**EXERCISE MATERIAL**:

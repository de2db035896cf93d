//! The command line of `tevondimby`: its commands, their options and their help.
#![tactic(auto)]

use clap::{Arg, ArgAction, Command};
use std::alloc::{AllocError, Global};

const ABOUT: &str =
    "Reads Rust source files: their messages, tokens and trees; searches them; renames and replaces in them and rewrites them";

const AFTER: &str = "\
A FILE is a path, `-` for standard input, or a directory for the `.rs` files in it, in order of name; \
links in it are not followed, and in it directories that are hidden or named `target` are left out, and \
what a pattern of `--exclude` matches. A file that several paths lead to is taken once. A file's edition is that \
of `--edition`, or else of the nearest `Cargo.toml`, or else 2021; a `Cargo.toml` that cannot be read \
or names no edition of Rust is named on standard error. Its grammar is the whole language, or with \
`--grammar profile` the part of it that a request is read by if it names no grammar.

The exit status is 0; or 1 if `check` prints messages, if `search` finds no match, if `rename` finds no identifier OLD, if with \
`--check` a file would change or OLD would be left, or if there is no file; or 2 after a fault: a file \
that cannot be read is named on standard error, and `check`, `tokens` and `tree` still read the others.

One process reads one file after another. For more processors:

    find src -name '*.rs' -print0 | xargs -0 -P 4 -n 100 tevondimby check";

const JSON: &str = "Prints an object in JSON for each file, on a line of its own";

const EXCLUDE: &str = "\
Leaves out the files and directories in a directory whose path or name the pattern matches; in it `*` is \
any text, also with `/`, and `?` one character";

const CHANGES: &str = "\
Prints no diff, but an object in JSON for each file that would change, on a line of its own: the ranges of \
the lines that differ, in bytes of the old and of the new file";

const PAIRS: &str =
    "Reads pairs OLD=NEW from a file, one a line; empty lines and those that begin with # say nothing";

const CHECK: &str =
    "Prints the paths of the files that would change; the exit status is 1 if there are any";

const REWRITE: &str = "\
Rewrites files by the commands in COMMANDS, a file in JSON or `-` for standard input:

    {\"PATH\": [{\"do\": \"edit\", \"start\": 3, \"end\": 4, \"text\": \"new\"}, ..], ..}

The commands of a file are those of a request: they are done one after another, each on the text that \
those before it left. The files are done in order of path, whatever their order in COMMANDS; of a \
path that is named twice the last list counts, and of several paths that lead to one file all lists are \
done, in order of path.

Without `--write` nothing is written, and a diff is printed, as by `rename`. No file is written unless all commands of all files are accepted; the first one that is refused is \
named with its file, line, column and number, which counts from 0, and where a commit is unfaithful, \
with the first difference. A commit is refused if the text has \
messages before or after it, unless `--allow-messages` is given.";

const SERVE: &str = "\
Answers requests on standard input, one a line, each with a line of JSON, in order:

    {\"status\":0,\"replies\":[..],\"text\":\"..\"}

A line of at most 67,108,864 bytes, its line feed not counted, is answered as the request program \
answers a request: one that is no request with status 1, its refusal and no text. A longer line is \
answered so too, with the refusal `TooLong`, whatever is in it. Then the next line is read. A text \
that is longer than this in JSON, by its escapes, can be sent to the request program alone.

A line is read by the whole language, or with the member `\"grammar\": \"profile\"` by the profile, as by \
the request program, which ignores the member.

The exit status is 0 at the end of the input, or 2 if reading, writing or memory fails.";

const LSP: &str = "\
Speaks the Language Server Protocol (3.17) on standard input and output: an editor starts it. It keeps the texts that the \
editor has open, and shows the messages of each, as `check` prints them, while they are typed. It knows syntax alone, and \
reads no file: texts are of the edition of `--edition`, else 2021, unless the editor asks for another one by the member \
`edition` of `initializationOptions`. `docs/EDITORS.md` has configurations of editors.

The exit status is 0 if the editor has sent `shutdown` before the end, else 1, or 2 if reading, writing or memory fails.";

const RENAME_USAGE: &str = "tevondimby rename [OPTIONS] <OLD> <NEW> <FILE>...
       tevondimby rename [OPTIONS] <OLD=NEW>... <FILE>...
       tevondimby rename [OPTIONS] --pairs <PAIRS> <FILE>...";

const RENAME: &str = "\
Renames each identifier OLD to NEW, in macro calls too; or each lifetime and label if both begin with \
a quote:

    tevondimby rename \"'a\" \"'text\" src

These are tokens: scopes, names in format \
strings and names that macros make are not followed. As for the compiler, `r#OLD` is OLD, and so is \
OLD in its other Unicode spelling (Normalization Form C): all become NEW as it is given. In a macro \
definition `$OLD` stays, and so does OLD in the place of `expr` in `$x:expr` if OLD or NEW is a fragment \
specifier.

With OLD=NEW, or with `--pairs`, several names are renamed, one after another, and the files are written \
once. No OLD may be given twice, and no NEW may be an OLD.

After that, standard error names the places that still spell OLD, as `src/a.rs:4:17: OLD in a string`: \
in strings and characters, comments and lifetimes, where OLD is a word of its own, and what stays in \
macro definitions; at most 20, then how many more there are. A last line counts the names and files that change and the \
places that are left. Without `--write` the places are those of the files as they are, else those of \
the files as they are written.

Without `--write` nothing is written, and a diff is printed that `patch -p1` and `git apply` take in the \
current folder; if a file is outside of it, in the folder that is named on standard error. Of standard \
input, `-`, the new text is printed; no other FILE and no `--write` goes with it.

No file is written unless all of them can be renamed in. A file in which NEW is \
already is refused unless `--merge` is given, and so is one whose new text would read as another \
tree.";

const SEARCH: &str = "\
Prints the matches of PATTERN, a fragment of Rust in which `$a` stands for an expression, a type, a pattern, a path or a \
name, whatever can stand there, and `$$$a` for any number of elements of a list. Places of one name stand for the same \
tokens; `$_` and `$$$` stand for anything.

    tevondimby search '$a.unwrap()' src
    tevondimby search 'fn $f($$$) -> Option<$t> { $$$ }' src

Whitespace, comments and the commas at the ends of lists say nothing, and nothing else is optional: `fn $f() {}` does not \
match `pub fn f() {}`. Matches are not looked for inside macro calls, nor in what the pattern itself fixes.

A row has the path, line and column of a match, and its first line. The exit status is 0 if there is a match, 1 if there is \
none, and 2 after a fault: a file that cannot be read, or whose edition does not read the pattern, is left out.";

const REPLACE: &str = "\
Replaces the matches of PATTERN by TEMPLATE, in which `$a` and `$$$a` stand for what they match. PATTERN is read as by \
`search`, TEMPLATE as the same fragment.

    tevondimby replace '$a.unwrap()' '$a?' src
    tevondimby replace 'max($a, $b)' '$a.max($b)' src --write

The new text reads as the tree with these replacements: what takes the place of a match, and what it binds, is in \
parentheses where the text would read otherwise without them, or where rustc asks for them, and nowhere else. Matches in \
what a match binds are replaced, too. A match with a comment that no part of TEMPLATE keeps is refused; with \
`--comments before` the comment comes before what replaces the match (a statement is refused, unless the comment is part \
of it), with `--comments drop` it goes. A match that reads otherwise even with parentheses is refused, too. A file with \
such a match, or with messages, is refused, unless `--skip` leaves these matches, or `--allow-messages` is given; then no \
file is written.

Without `--write` nothing is written, and a diff is printed, as by `rename`; of standard input, `-`, the new text is \
printed. The exit status is 0, or 1 if matches are left, or if with `--check` a file would change, or 2 after a fault.";

const MATCHES: &str = "\
Prints an object in JSON for each file with matches, on a line of its own: the bytes of each match and of what \
its metavariables stand for, a list of elements for a sequence";

const COMMENTS: &str = "How a comment is treated that no part of TEMPLATE keeps";

const AS: &str = "What the pattern is read as; else the first of these that it reads as";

**TRY IT**: From the entries above, show each line that includes the string "messages".

**ANSWER AREA**:
    "Reads Rust source files: their messages, tokens and trees; searches them; renames and replaces in them and rewrites them";
The exit status is 0; or 1 if `check` prints messages, if `search` finds no match, if `rename` finds no identifier OLD, if with \
messages before or after it, unless `--allow-messages` is given.";
editor has open, and shows the messages of each, as `check` prints them, while they are typed. It knows syntax alone, and \
such a match, or with messages, is refused, unless `--skip` leaves these matches, or `--allow-messages` is given; then no \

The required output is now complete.